What types of instruments does the volcano host?
We have very sophisticated and robust instruments, which have been used all over the world for a long time to test volcanic activity. We have seismic instruments, because when magma goes up the conduit, pushing against its walls, it produces fractures and vibrations that get measured. These volcanic tremors increase the closer you get to an eruption, so they’re a good precursor. We also have a sensor that measures the ground’s deformation, because when the volcano is close to erupting, it tends to swell like a panettone inside an oven. We have geochemistry sensors, because the gases always coming out of the top precede the arrival of magma. So by studying the variation of the gas composition, we can foresee what the volcano is going to do in the next days, weeks, and months. It’s really a multidisciplinary approach. In fact, in our institute we have geologists, but also engineers, geophysicists, mathematicians, computer engineers, and they all have a specific job to work together to monitor the volcano.

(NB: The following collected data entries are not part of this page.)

ghost use Rattle.std.specs.Prelude.{◌≡◌, ◌+◌, ◌-◌, ◌<◌, ◌↔◌, ◌&&◌, ◌||◌, Bool, true, false, not, nat_eq, length, IsTrue};
ghost use Rattle.clause_base.specs.Literal.{opposite, positive, negative, has, has_distinct_variables};
ghost use Rattle.clause_base.specs.declared.literal.Lit.{Lit};
ghost use Rattle.proof_check.specs.Marks.{marked, held, AreStampedUpTo, IsInTable};
ghost use Rattle.proof_check.specs.Merging.{Adds};

use crate::marks::{BLANK, Mark};
use clause_base::Lit;

/// Whether the literal is in the set with that stamp.
pub(crate) fn is_marked(marks: &[Mark], stamp: u32, literal: Lit) -> bool
    requires { literal.var < length marks.now }
    ensures { result ≡ marked stamp marks.now literal }
{
    let mark = marks[literal.var as usize];
    mark.stamp == stamp && mark.negated == literal.negated
}

/// The same for a literal whose variable may have no place in the table.
fn is_listed(marks: &[Mark], stamp: u32, literal: Lit) -> bool
    requires { 0 < stamp }
    ensures { result ≡ marked stamp marks.now literal }
{
    (literal.var as usize) < marks.len() && is_marked(marks, stamp, literal)
}

/// Puts a literal into the set, which has neither it nor its opposite.
pub(crate) fn insert(marks: &mut [Mark], stamp: u32, literal: Lit)
    requires in_table { literal.var < length marks.old }
    requires absent { marked stamp marks.old literal ≡ false }
    requires open { marked stamp marks.old (opposite literal) ≡ false }
    ensures adds { Adds (marked stamp marks.old) literal (marked stamp marks.new) }
    ensures held { held stamp marks.new ≡ held stamp marks.old + 1 }
    ensures stamps { AreStampedUpTo stamp marks.old → AreStampedUpTo stamp marks.new }
{
    marks[literal.var as usize] = Mark {
        stamp,
        negated: literal.negated,
    };
}

/// Takes a variable that is in the set, by itself or negated, out of it.
pub(crate) fn remove(marks: &mut [Mark], stamp: u32, var: u32)
    requires in_table { var < length marks.old }
    requires stamp { 0 < stamp }
    requires present { (marked stamp marks.old (positive var) || marked stamp marks.old (negative var)) ≡ true }
    ensures removes { (l : Lit) → marked stamp marks.new l ≡ (marked stamp marks.old l && not (nat_eq l.var var)) }
    ensures held { held stamp marks.new + 1 ≡ held stamp marks.old }
    ensures stamps { AreStampedUpTo stamp marks.old → AreStampedUpTo stamp marks.new }
{
    marks[var as usize] = BLANK;
}

/// Makes the set, which is empty, that of the clause, and answers how many literals it has.
pub(crate) fn mark_all(marks: &mut [Mark], stamp: u32, clause: &[Lit]) -> usize
    requires in_table { IsInTable marks.old clause.now }
    requires distinct { IsTrue (has_distinct_variables clause.now) }
    requires stamp { 0 < stamp }
    requires clear { AreStampedUpTo (stamp - 1) marks.old }
    ensures marks { (l : Lit) → marked stamp marks.new l ≡ has clause.now l }
    ensures held { result ≡ held stamp marks.new }
    ensures stamps { AreStampedUpTo stamp marks.new }
{
    for literal in clause {
        insert(marks, stamp, *literal);
    }
    clause.len()
}

/// Whether the set, which has `count` literals, has those of the clause and no others. What is left of it is not told.
pub(crate) fn strike_all(marks: &mut [Mark], stamp: u32, count: usize, clause: &[Lit]) -> bool
    requires distinct { IsTrue (has_distinct_variables clause.now) }
    requires stamp { 0 < stamp }
    requires held { count ≡ held stamp marks.old }
    ensures same { IsTrue result ↔ ((l : Lit) → marked stamp marks.old l ≡ has clause.now l) }
    ensures stamps { AreStampedUpTo stamp marks.old → AreStampedUpTo stamp marks.new }
{
    let mut left = count;
    for literal in clause {
        if !is_listed(marks, stamp, *literal) {
            return false;
        }
        remove(marks, stamp, literal.var);
        left -= 1;
    }
    left == 0
}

Why is Mount Etna so active?
Because Sicily is at the center of the Mediterranean Sea, and because the center of the Mediterranean — like Italy, Greece, and Turkey — sits above the meeting place between the African tectonic plate and the European one. This very complex clash of the two plates allows for the creation of volcanos like Etna, like the Aeolian Islands, the volcanoes in the Lazio region, and also the mountain ranges like the Apennine Mountains and the Alps. The most evident result of this clash manifests itself through earthquakes — for example, the earthquake swarms that are happening right now in Central Italy. So Mount Etna is very active because of the geodynamic conditions of the Mediterranean region and of eastern Sicily that make it that way.
Mount Etna got a new crater recently. How did that happen?

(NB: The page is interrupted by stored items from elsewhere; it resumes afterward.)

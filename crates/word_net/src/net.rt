ghost use Rattle.std.specs.Prelude.{◌≡◌};
ghost use Rattle.word_net.specs.Nets.{IsNet};

use crate::node::WordNode;
use loc_base::Bits;
use std::marker::Model;

/// One cycle of a design as a net of words. Contracts see it as a `Net`: its nodes, of which each reads earlier ones; the
/// numbers of the nodes that are the outputs, and of those that are the next states; and the states before the first
/// cycle.
pub struct WordNet {
    nodes: Vec<WordNode>,
    outputs: Vec<u32>,
    next: Vec<u32>,
    start: Vec<Bits>,
}

impl Model for WordNet {
    ghost use Rattle.word_net.specs.Nets.{Net, IsNet};
    ghost use Rattle.word_net.specs.Fields.{net_of};

    ghost Value = { Net };

    ghost view = { net_of };

    ghost invariant = { λ n. IsNet (net_of n) };
}

impl Drop for WordNet {
    fn drop(self) {
        let WordNet {
            nodes: _,
            outputs: _,
            next: _,
            start: _,
        } = self;
    }
}

impl WordNet {
    /// The net of these nodes, outputs, next states and start values.
    pub fn new(nodes: Vec<WordNode>, outputs: Vec<u32>, next: Vec<u32>, start: Vec<Bits>) -> WordNet
        requires { IsNet (record { nodes = nodes.items; outputs = outputs.items; next = next.items; start = start.items }) }
        ensures { result ≡ record { nodes = nodes.items; outputs = outputs.items; next = next.items; start = start.items } }
    {
        WordNet {
            nodes,
            outputs,
            next,
            start,
        }
    }

    /// The nodes.
    pub fn nodes(&self) -> &[WordNode]
        ensures value { result.now ≡ self.now.nodes }
        ensures net { IsNet self.now }
    {
        self.nodes.as_slice()
    }

    /// The numbers of the outputs' nodes, in port order.
    pub fn outputs(&self) -> &[u32]
        ensures { result.now ≡ self.now.outputs }
    {
        self.outputs.as_slice()
    }

    /// The numbers of the nodes of the next states, one for each state.
    pub fn next(&self) -> &[u32]
        ensures { result.now ≡ self.now.next }
    {
        self.next.as_slice()
    }

    /// The states before the first cycle.
    pub fn start(&self) -> &[Bits]
        ensures { result.now ≡ self.now.start }
    {
        self.start.as_slice()
    }
}
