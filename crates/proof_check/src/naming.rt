//! Which clauses of a form the chains of a log name.

ghost use Rattle.std.specs.Prelude.{◌≡◌, ◌+◌, ◌<◌, ◌||◌, ◌==◌, IfOk, get_or, length, true, ℕ};
ghost use Rattle.proof_check.specs.Named.{is_in, is_named};

use clause_base::Log;
use loc_base::{Items, NoMemory};
use std::alloc::Global;

/// Marks the clause with that number, counted from 1, where it has a mark.
#[tactic(auto, using(crate::proofs::Mentioned::marking))]
fn mark(marks: &mut [bool], number: u32)
    ensures long { length marks.new ≡ length marks.old }
    ensures marks { (place : ℕ) → get_or marks.new place true ≡ (get_or marks.old place true || number == place + 1) }
{
    if number == 0 {
        return;
    }
    let place = number as usize - 1;
    if place < marks.len() {
        marks[place] = true;
    }
}

/// Marks those that a chain names.
fn mark_chain(marks: &mut [bool], chain: &[u32])
    ensures long { length marks.new ≡ length marks.old }
    ensures marks { (place : ℕ) → get_or marks.new place true ≡ (get_or marks.old place true || is_in chain.now (place + 1)) }
{
    for number in chain {
        mark(marks, *number);
    }
}

/// Of the first so many clauses of a form, whether the chains of the log name it.
pub fn named(alloc: Global, log: &Log, most: usize) -> Result<Items<bool>, NoMemory>
    ensures long { IfOk result (λ marks. length marks ≡ most) }
    ensures marks { IfOk result (λ marks. (place : ℕ) → place < most → get_or marks place true ≡ is_named log.now (place + 1)) }
{
    let mut marks = vec![in alloc; false; most]?;
    for place in 0..log.len() {
        mark_chain(&mut marks, log.chain(place));
    }
    Ok(Items::from_vec(marks))
}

Etna’s dynamics are really something exceptional, especially in the last few years. Beginning in 2011, a new summit crater — called maybe with little creativity New Southeast Crater — began growing. This crater has produced at least 50 of the eruptions in the past six years. It’s been growing very rapidly. In about five and half years, it’s become a volcanic cone more than 300 meters high. The last two eruptions — the one that’s going on right now and the one that occurred a couple of weeks ago, and lasted about two and a half days — came from this new crater. The crater has a fracture at its base, from which a lava flow is pouring out, and it’s already moved about 2 kilometers (1.2 miles). The problem is that this lava isn’t flowing directly on the ground, but on a thick layer of frozen snow. [This is what caused yesterday’s explosion at almost 9,000 feet.] It’s a pretty known phenomenon on Mount Etna, because Etna is very active. When these eruptions happen in the winter, they can interact with the snow and produce these types of phenomena.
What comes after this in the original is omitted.